1. **Code Analysis and Consolidation**: Analyzing the four team member implementations to identify best practices and strengths
2. **Library Development**: Creating the modular `portfolio_optimization_lib.py` with clean, efficient functions
3. **Notebook Structure**: Organizing the consolidated Jupyter notebook with clear sections and professional documentation
4. **Code Integration**: Combining the best elements from each team member's work into a cohesive solution

**Human Contributions:**
- Rio: Robust WRDS data acquisition and coverage validation system
- Keenan: Basic optimization framework and performance metrics
- Darius: Advanced visualization techniques and comprehensive performance analysis
- Zac: Clean code structure and efficient operations (tidyverse-style approach)

**AI Prompt Used:**
"Analyze four team member implementations for portfolio optimization project.
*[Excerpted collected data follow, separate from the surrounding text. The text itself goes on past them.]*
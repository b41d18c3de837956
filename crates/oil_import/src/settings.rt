//! OIL: standard objects and their attributes. The value of an attribute, and what stands where it
//! is missing.

use crate::attributes::{default_of, is_of_hook_code, named_by, reason_against};
use crate::bends::{Bends, default_category, is_other_category};
use crate::budgets::Budgets;
use crate::counters::Counters;
use crate::declared::{DEFAULT_MODE, DeclaredObjects, is_scheduler};
use crate::defaults::Defaults;
use crate::draft::Draft;
use crate::earlier::EarlierAttributes;
use crate::items::{Item, Written};
use crate::links::{LINKED, Links};
use crate::messages::{Messages, Subject, Verdict};
use crate::priorities::Priorities;
use crate::reasons;
use crate::sources::Place;
use crate::taken::{
    NOTHING, Taken, automatic, bent, cut, implemented, is_accepted, is_standard, is_too_far, kept,
    out_of_counts, renumbered, set, untaken, without_hook_code,
};
use oil_reader::{AttributeName, Kind};
use std::alloc::AllocError;

/// An import so far.
#[derive(Drop)]
pub(crate) struct Importer<'a> {
    pub objects: DeclaredObjects<'a>,
    pub priorities: Priorities,
    pub links: Links<'a>,
    pub counters: Counters<'a>,
    pub bends: Bends<'a>,
    pub defaults: Defaults<'a>,
    pub messages: Messages<'a>,
    pub draft: Draft,
    pub budgets: Budgets<'a>,
    /// Whether the mode is named that is there without being declared.
    pub needs_default_mode: bool,
}

impl<'a> Importer<'a> {
    /// What is taken for an attribute.
    fn choice(
        &self,
        attribute: AttributeName,
        item: &Item<'a>,
        seen: &EarlierAttributes<'a>,
    ) -> Taken<'a> {
        let word = Subject::Word(item.word);
        if !attribute.presence().is_list() && seen.has(attribute) {
            return untaken(item.place, Verdict::Refused, word, reasons::TWICE);
        }
        if let Some((place, reason)) = item.fault {
            return untaken(place, Verdict::Refused, word, reason);
        }
        match item.written {
            Written::Word(value) => self.value(attribute, item, value, seen),
            _ => untaken(item.place, Verdict::Refused, word, reasons::NO_VALUE),
        }
    }

    /// What is taken where an attribute has that word as its value.
    fn value(
        &self,
        attribute: AttributeName,
        item: &Item<'a>,
        value: &'a str,
        seen: &EarlierAttributes<'a>,
    ) -> Taken<'a> {
        if is_of_hook_code(attribute) {
            return without_hook_code(item, value);
        }
        if value == "AUTO" && attribute != AttributeName::EventMask {
            return automatic(attribute, item);
        }
        if let Some(becomes) = self.priorities.renumbered(attribute, value) {
            return renumbered(item, value, becomes);
        }
        let subject = Subject::Setting(item.word, value);
        if is_standard(attribute, value) {
            return bent(item, "EXTENDED", subject, reasons::STANDARD_STATUS);
        }
        if attribute == AttributeName::ResourceProperty && value == LINKED {
            return bent(item, "STANDARD", subject, reasons::LINKED);
        }
        if is_other_category(attribute, value) {
            return self.other_category(item, value);
        }
        if is_too_far(attribute, value) {
            return cut(item, value);
        }
        if !is_accepted(attribute, value) {
            let reason = reason_against(attribute);
            return untaken(item.written_place, Verdict::Refused, subject, reason);
        }
        if let Some(reason) = out_of_counts(attribute, value) {
            return untaken(item.written_place, Verdict::Refused, subject, reason);
        }
        let Some(kind) = named_by(attribute) else {
            return kept(attribute, item, value);
        };
        match self.against(attribute, kind, value, seen) {
            Some((verdict, reason)) => { untaken(item.written_place, verdict, subject, reason) }
            None => kept(attribute, item, value),
        }
    }

    /// Why an attribute doesn't name an object.
    fn against(
        &self,
        attribute: AttributeName,
        kind: Kind,
        name: &str,
        seen: &EarlierAttributes<'a>,
    ) -> Option<(Verdict, &'static str)> {
        if is_scheduler(kind, name) {
            return Some((Verdict::LeftOut, reasons::RES_SCHEDULER_IS_OPEN));
        }
        if !self.is_there(kind, name) {
            return Some((Verdict::Refused, reasons::UNKNOWN_REFERENCE));
        }
        if attribute.presence().is_list() && seen.lists(attribute, name) {
            return Some((Verdict::LeftOut, reasons::NAMED_ALREADY));
        }
        None
    }

    /// Whether an object is declared, or is there without.
    fn is_there(&self, kind: Kind, name: &str) -> bool {
        let is_default_mode = kind == Kind::AppMode && name == DEFAULT_MODE;
        is_default_mode || self.objects.find(kind, name).is_some()
    }

    /// What stands for an attribute that is missing, before the end of its object or block.
    fn missing(&self, attribute: AttributeName, end: Place) -> Taken<'a> {
        let word = attribute.word();
        if let Some(value) = self.defaults.of(attribute) {
            if self.priorities.renumbered(attribute, value).is_some() {
                return set(end, word, value, reasons::IMPLEMENTED);
            }
            if self.bends.are_asked && is_other_category(attribute, value) {
                return default_category(value, end);
            }
            return implemented(attribute, value, end);
        }
        if let Some(value) = default_of(attribute) {
            return set(end, word, value, reasons::MISSING);
        }
        if attribute == AttributeName::StartMode {
            return self.missing_mode(word, end);
        }
        if attribute.presence().may_lack() {
            return NOTHING;
        }
        untaken(end, Verdict::Refused, Subject::Word(word), reasons::MISSING)
    }

    /// The mode of an AUTOSTART, where there is only one.
    fn missing_mode(&self, word: &'a str, end: Place) -> Taken<'a> {
        match self.objects.only_mode() {
            Some(mode) => set(end, word, mode, reasons::ONE_MODE),
            None => {
                let subject = Subject::Word(word);
                untaken(end, Verdict::Refused, subject, reasons::MODES_WANTED)
            }
        }
    }

    /// Tells what is told of an attribute, and answers its value.
    fn tell(
        &mut self,
        attribute: AttributeName,
        taken: Taken<'a>,
    ) -> Result<Option<&'a str>, AllocError> {
        if attribute == AttributeName::StartMode && taken.value == Some(DEFAULT_MODE) {
            self.needs_default_mode = true;
        }
        if let Some(message) = taken.message {
            self.messages.add(message)?;
        }
        Ok(taken.value)
    }

    /// The value of an attribute, where it is taken.
    pub(crate) fn taken(
        &mut self,
        attribute: AttributeName,
        item: &Item<'a>,
        seen: &mut EarlierAttributes<'a>,
    ) -> Result<Option<&'a str>, AllocError> {
        let taken = self.choice(attribute, item, seen);
        seen.add(attribute, taken.value)?;
        self.tell(attribute, taken)
    }

    /// The value of an attribute that is missing, before the end of its object or block, where it
    /// has a default.
    pub(crate) fn taken_missing(
        &mut self,
        attribute: AttributeName,
        end: Place,
    ) -> Result<Option<&'a str>, AllocError> {
        let taken = self.missing(attribute, end);
        self.tell(attribute, taken)
    }

    /// Sets an attribute that is missing, before the end of its object or block, where it has a
    /// default.
    pub(crate) fn set_missing(
        &mut self,
        attribute: AttributeName,
        end: Place,
    ) -> Result<(), AllocError> {
        let Some(value) = self.taken_missing(attribute, end)? else {
            return Ok(());
        };
        match self.priorities.renumbered(attribute, value) {
            Some(becomes) => {
                self.draft.open_number(attribute.word(), becomes)?;
                self.draft.close_setting()
            }
            None => self.draft.setting(attribute.word(), value),
        }
    }
}
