//! OIL: standard objects and their attributes. What an object or a block has had so far.

use oil_reader::AttributeName;
use std::alloc::{AllocError, Global};

/// The attributes that an object or a block has had so far, those that list names once a name.
#[derive(Drop)]
pub(crate) struct EarlierAttributes<'a> {
    list: Vec<Had<'a>>,
}

/// An attribute, and the value that was taken for it.
#[derive(Clone, Copy)]
struct Had<'a> {
    attribute: AttributeName,
    value: Option<&'a str>,
}

impl<'a> EarlierAttributes<'a> {
    pub(crate) fn new(alloc: Global) -> Self {
        EarlierAttributes {
            list: Vec::new(alloc),
        }
    }

    pub(crate) fn has(&self, attribute: AttributeName) -> bool {
        for had in &self.list {
            if had.attribute == attribute {
                return true;
            }
        }
        false
    }

    /// The names that a list attribute has had so far.
    pub(crate) fn names(
        &self,
        alloc: Global,
        attribute: AttributeName,
    ) -> Result<Vec<&'a str>, AllocError> {
        let mut names = Vec::new(alloc);
        for had in &self.list {
            if let (true, Some(name)) = (had.attribute == attribute, had.value) {
                names.push(name)?;
            }
        }
        Ok(names)
    }

    pub(crate) fn lists(&self, attribute: AttributeName, name: &str) -> bool {
        for had in &self.list {
            if had.attribute == attribute && had.value == Some(name) {
                return true;
            }
        }
        false
    }

    pub(crate) fn add(
        &mut self,
        attribute: AttributeName,
        value: Option<&'a str>,
    ) -> Result<(), AllocError> {
        if value.is_some() || !self.has(attribute) {
            self.list.push(Had { attribute, value })?;
        }
        Ok(())
    }
}
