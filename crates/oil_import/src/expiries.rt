//! OIL of AUTOSAR: the names of the alarms that stand for the actions of schedule tables.

use crate::long_names::end_within;
use osek_base::MAX_NAME;
use std::alloc::AllocError;
use std::fmt::{self, Display};

/// The name of the alarm of an action: `TABLE_OFFSET`, or of a later one at the same offset
/// `TABLE_OFFSET_NUMBER`.
#[derive(Clone, Copy)]
pub struct ExpiryName<'a> {
    /// The table's name, or as much of its end as there is room for.
    table: &'a str,
    /// In counts from the table's start.
    offset: u32,
    /// Which action at this offset it is, counted from 1.
    number: usize,
}

/// How many digits a number has.
fn digits(number: usize) -> usize {
    let mut count: usize = 1;
    let mut rest = number / 10;
    for _digit in 0..20 {
        if rest > 0 {
            count = count.saturating_add(1);
            rest /= 10;
        }
    }
    count
}

impl<'a> ExpiryName<'a> {
    /// The name of an action of a table. A table's name that is too long for it is taken by its
    /// end; there is none where that is no name.
    pub(crate) fn new(table: &'a str, offset: u32, number: usize) -> Option<Self> {
        let mut behind = digits(offset as usize).saturating_add(1);
        if number > 1 {
            behind = behind.saturating_add(digits(number)).saturating_add(1);
        }
        let table = end_within(table, MAX_NAME.saturating_sub(behind))?;
        Some(ExpiryName {
            table,
            offset,
            number,
        })
    }
}

impl Display for ExpiryName<'_> {
    fn fmt<W: fmt::Write>(&self, f: &mut fmt::Formatter<W>) -> fmt::Result {
        write!(f, "{}_{}", self.table, self.offset)?;
        if self.number > 1 {
            write!(f, "_{}", self.number)?;
        }
        Ok(())
    }
}
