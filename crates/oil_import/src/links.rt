//! Linked resources: each becomes a resource of its own, and whoever lists one of those that are
//! linked lists all, so that their ceilings are one.

use crate::braces::inside;
use crate::items::{Item, Written, value_in};
use std::alloc::{AllocError, Global};

/// The property of a linked resource.
pub(crate) const LINKED: &str = "LINKED";

/// A linked resource, and the one that it is linked to.
#[derive(Clone, Copy)]
struct Link<'a> {
    name: &'a str,
    to: &'a str,
}

/// The links of a file.
#[derive(Drop)]
pub(crate) struct Links<'a> {
    list: Vec<Link<'a>>,
    /// Resources that are internal, which can't be linked.
    internal: Vec<&'a str>,
}

/// Whether a name is among some.
fn is_among(names: &[&str], name: &str) -> bool {
    for other in names {
        if *other == name {
            return true;
        }
    }
    false
}

impl<'a> Links<'a> {
    /// Those of the objects among items, which lie at that depth.
    pub(crate) fn new(alloc: Global, items: &[Item<'a>], depth: usize) -> Result<Self, AllocError> {
        let mut links = Links {
            list: Vec::new(alloc),
            internal: Vec::new(alloc),
        };
        for (number, item) in items.iter().enumerate() {
            if let ("RESOURCE", Written::Name(name)) = (item.word, item.written) {
                if item.depth == depth {
                    links.add(name, inside(items, number, depth), depth)?;
                }
            }
        }
        Ok(links)
    }

    fn add(&mut self, name: &'a str, items: &[Item<'a>], depth: usize) -> Result<(), AllocError> {
        let (own, of_block) = (depth.saturating_add(1), depth.saturating_add(2));
        match value_in(items, own, "RESOURCEPROPERTY") {
            Some("INTERNAL") => self.internal.push(name)?,
            Some(LINKED) => {
                if let Some(to) = value_in(items, of_block, "LINKEDRESOURCE") {
                    self.list.push(Link { name, to })?;
                }
            }
            _ => {}
        }
        Ok(())
    }

    fn next(&self, name: &str) -> Option<&'a str> {
        for link in &self.list {
            if link.name == name {
                return Some(link.to);
            }
        }
        None
    }

    /// The resource that one is linked to in the end. None of one that isn't linked, or that is
    /// linked to an internal one, or in a circle.
    pub(crate) fn root(&self, name: &str) -> Option<&'a str> {
        let mut root = self.next(name)?;
        for _link in &self.list {
            match self.next(root) {
                Some(next) => root = next,
                None if self.internal.contains(&root) => return None,
                None => return Some(root),
            }
        }
        None
    }

    /// Whether two resources are linked to one, or one to the other.
    pub(crate) fn are_linked(&self, name: &str, other: &str) -> bool {
        match (self.root(name), self.root(other)) {
            (Some(root), Some(of_other)) => root == of_other,
            (Some(root), None) => root == other,
            (None, Some(root)) => root == name,
            (None, None) => false,
        }
    }

    /// The resources that are linked to one of those listed, and aren't listed, each once.
    pub(crate) fn besides(
        &self,
        alloc: Global,
        listed: &[&str],
    ) -> Result<Vec<&'a str>, AllocError> {
        let mut found: Vec<&'a str> = Vec::new(alloc);
        for link in &self.list {
            for name in [link.name, link.to] {
                let is_wanted = listed.iter().any(|other| self.are_linked(name, *other));
                if is_wanted && !is_among(listed, name) && !found.contains(&name) {
                    found.push(name)?;
                }
            }
        }
        Ok(found)
    }
}
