//! Turns OIL of other kernels into the plain OIL that `oil_reader` takes, and tells what it left
//! out, set or refused. Where `import` answers a text, that text means a file. That the file
//! means what the user's files mean is tested, not proved.
//!
//! Attributes of implementations, descriptions, includes and objects of other standards are left
//! out, defaults are set, and what can't be expressed is refused. Nothing that is proved of runs
//! depends on this crate.
//!
//! Files become tokens (`tokens`), in the order in which files include one another (`includes`),
//! these become items by depth of braces (`items`). What is kept of them is written as a draft
//! (`draft`, `settings`, `objects`, `files`), which is read and printed (`importing`). `defaults`
//! are those of the file's own implementation, `priorities` those that are numbered anew,
//! `long_names` those whose end is taken, `links` those between resources. Alarms stand for
//! schedule tables (`tables`, `expiry_points`, `expiries`), as far as their `counters` count.
//! `bends` are what is refused unless it is asked for. `messages` tells what was left out, set,
//! kept or refused, `budgets` what was left out that may be of use elsewhere.
#![tactic(auto)]

mod attributes;
mod bends;
mod braces;
mod budgets;
mod counters;
mod declared;
mod defaults;
mod draft;
mod earlier;
mod expiries;
mod expiry_points;
mod files;
mod importing;
mod includes;
mod items;
mod links;
mod long_names;
mod messages;
mod objects;
mod priorities;
mod reasons;
mod settings;
mod sources;
mod tables;
mod taken;
mod tokens;

pub use budgets::{Budget, Budgets};
pub use expiries::ExpiryName;
pub use importing::{PlainOil, import};
pub use messages::{Message, Messages, Subject, Verdict};
pub use sources::{Place, Source};
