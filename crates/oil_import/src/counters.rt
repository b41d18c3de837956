//! OIL: standard objects. How long the times of a counter's alarms may be.

use crate::attributes::default_of;
use crate::braces::inside;
use crate::defaults::Defaults;
use crate::items::{Item, Written, value_in};
use crate::priorities::number;
use oil_reader::AttributeName;
use osek_base::MAX_COUNTS;
use std::alloc::{AllocError, Global};

/// What a counter says of its alarms, in counts. What it says wrongly allows every time.
#[derive(Clone, Copy)]
pub(crate) struct CounterLimits<'a> {
    name: &'a str,
    /// The longest time: its MAXALLOWEDVALUE.
    pub most: u32,
    /// The shortest cycle: its MINCYCLE.
    pub least_cycle: u32,
}

/// The limits of the counters of a file.
#[derive(Drop)]
pub(crate) struct Counters<'a> {
    list: Vec<CounterLimits<'a>>,
}

/// The number of an attribute among those of a counter, or of its default.
fn number_of(
    attribute: AttributeName,
    items: &[Item<'_>],
    depth: usize,
    defaults: &Defaults<'_>,
) -> Option<u32> {
    match value_in(items, depth, attribute.word()) {
        Some("AUTO") | None => number(defaults.of(attribute).or(default_of(attribute))?),
        Some(value) => number(value),
    }
}

impl<'a> Counters<'a> {
    /// Those of the objects among items, which lie at that depth.
    pub(crate) fn new(
        alloc: Global,
        items: &[Item<'a>],
        depth: usize,
        defaults: &Defaults<'_>,
    ) -> Result<Self, AllocError> {
        let mut list = Vec::new(alloc);
        let own = depth.saturating_add(1);
        for (at, item) in items.iter().enumerate() {
            if let ("COUNTER", Written::Name(name), true) = (
                item.word,
                item.written,
                item.depth == depth,
            ) {
                let attributes = inside(items, at, depth);
                let most = number_of(AttributeName::MaxAllowedValue, attributes, own, defaults);
                let least = number_of(AttributeName::MinCycle, attributes, own, defaults);
                list.push(CounterLimits {
                    name,
                    most: most.unwrap_or(MAX_COUNTS).min(MAX_COUNTS),
                    least_cycle: least.unwrap_or(1).max(1),
                })?;
            }
        }
        Ok(Counters { list })
    }

    /// The limits of the counter of that name.
    pub(crate) fn of(&self, name: &str) -> Option<CounterLimits<'a>> {
        for counter in &self.list {
            if counter.name == name {
                return Some(*counter);
            }
        }
        None
    }
}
Create consolidated solution combining best practices from each. Focus on clean, efficient code with professional visualizations and comprehensive metrics."

**Verification:**
All AI-generated code has been reviewed, tested, and validated. The implementation successfully combines the strengths of each team member's approach while maintaining code quality and functionality.